等他停下动作,周身萦绕的怒气,让一旁的医生大气都不敢出。
“都滚出去,”他将手机扔在方安渺身上,声音森寒,“解释。”
方安渺盯着医生出去的背影,哆嗦着拿起手机。
当她看到页面停留在她发给艾千机的照片时,顿时浑身血液倒流,脊背发寒。
“骁总......我就是孕期情绪不稳定,太没安全感了才发了那些照片,我不是故意的......”

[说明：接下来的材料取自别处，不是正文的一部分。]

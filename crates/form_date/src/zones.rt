// The time zone.
ghost use Rattle.std.specs.Prelude.{◌≡◌};
ghost use Rattle.form.specs.Got.{maybe_int_of, within_of};
ghost use Rattle.form_date.specs.Zone.{bare_of, minus, wrong_zone, zone_at, zone_four, zone_four_form, zone_two};

use digits::pair::pair_at;
use form::got::GotInt;

// Whether a field begins with a minus.
fn is_minus(f: &[u8]) -> bool
    ensures { result ≡ minus f.now }
{
    f.first() == Some(&b'-')
}

// A field without its minus.
fn bare(f: &[u8]) -> &[u8]
    ensures { result.now ≡ bare_of f.now }
{
    f.strip_prefix(b"-").unwrap_or(f)
}

// A field that is wrong.
fn wrong_zone(wrong: u8) -> GotInt
    ensures { result ≡ wrong_zone wrong }
{
    GotInt {
        wrong,
        there: true,
        value: 0,
    }
}

// The zone of hours and minutes and a sign that covers both: joined, then negated. Hours that are bad
// or past 13 are wrong at 1; at `n` minutes that are bad or past 59, and a minus with zero in all.
fn zone_at(negative: bool, hours: Option<u32>, minutes: Option<u32>, n: u8) -> GotInt
    ensures { result ≡ zone_at n negative (within_of 0 13 hours) (within_of 0 59 minutes) }
{
    let Some(h) = form::got::within(hours, 0, 13) else {
        return wrong_zone(1);
    };
    let Some(m) = form::got::within(minutes, 0, 59) else {
        return wrong_zone(n);
    };
    let v = h * 60 + m;
    if negative && v == 0 {
        return wrong_zone(n);
    }
    GotInt {
        wrong: 0,
        there: true,
        value: digits::sign::held(v, negative),
    }
}

// `-00,30`: hours and minutes in a field each, in signed minutes; both are empty, and then missing, or
// none. `-00,00` is wrong at the minutes.
pub fn two(hours: &[u8], minutes: &[u8]) -> GotInt
    ensures { result ≡ zone_two hours.now minutes.now }
{
    if hours.is_empty() {
        return GotInt {
            wrong: if minutes.is_empty() { 0 } else { 2 },
            ..GotInt::default()
        };
    }
    let h = digits::digits(bare(hours), 2, 2);
    zone_at(is_minus(hours), h, digits::digits(minutes, 2, 2), 2)
}

// `-0030`: hours and minutes in one field, in signed minutes; an empty one is missing, and any other,
// `-0000` too, is wrong.
pub fn four(f: &[u8]) -> GotInt
    ensures { result ≡ maybe_int_of f.now (zone_four f.now) }
{
    if f.is_empty() {
        return GotInt::default();
    }
    let b = bare(f);
    if b.len() != 4 {
        return wrong_zone(1);
    }
    zone_at(is_minus(f), pair_at(b, 0), pair_at(b, 2), 1)
}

乌定骁走到她面前,掐着她的脖子逐渐用力:“敢在我眼皮子底下给她找不痛快,你真是好日子过够了。”
直到方安渺涨红着脸疯狂摇头,他才嫌恶地松开手。
他走出门外吩咐保镖:“把她头发剃光,压在医院门外跪三天三夜。”
上了车,乌定骁直奔机场。
暴雨天,飞机大批延误。
乌定骁坐在贵宾包厢里,手机响个不停。
他冷眼看着屏幕不停闪烁,直到他爸打了三十多个电话,他才接通。
乌父语气焦急,又要拿捏着父亲的威望:“渺渺要生了,赶紧让你的保镖放人。你再生气,也不该拿你自己的孩子撒气!”
乌定骁端起茶杯啜了一口,挂断了电话。
这次出国,他爸对这个孩子意外地热情,太古怪了。
他眼底浮起阴狠,吩咐保镖:“生产全程派人盯着,孩子出生后,立马去做亲子鉴定。”
安排妥当,乌定骁靠在沙发上闭目养神。
那张他瞥了一眼的结婚证照片,此刻像梦魇一样缠着他。
他笃定那是艾千机吃醋气他的小把戏,可他心里的紧张却在不断攀升。
他打电话给秘书:“去查我不在的这段时间,千机都见了谁干了什么,尽快。”
天空滚过一声闷雷,乌定骁烦躁地扯了扯领带。
直到秘书发来寥寥几句话。
【骁总,您出国当天,庭总给小艾姐办了转院,医院上下口风很严,查不出什么。】
【出院那天,他们回老宅陪老太太吃了顿饭,去祭拜了小艾姐的父母。】
乌定骁看着屏幕上方持续很久的“对方正在输入中”,没了耐性。
他直接一个电话打过去,吓得秘书声音发虚。
“说。”
“......当天下午,他们就去民政局领证了。”
11
乌定骁脑子里“嗡”地一声。
突如其来的胃疼让他定在原地,薄唇翕张几次也没能发出声音。
领证了?开什么玩笑。
偏偏秘书以为他的沉默是对他汇报速度的不满,又补充道:“南极是他们旅行结婚的第一站,我已经派人盯着了。”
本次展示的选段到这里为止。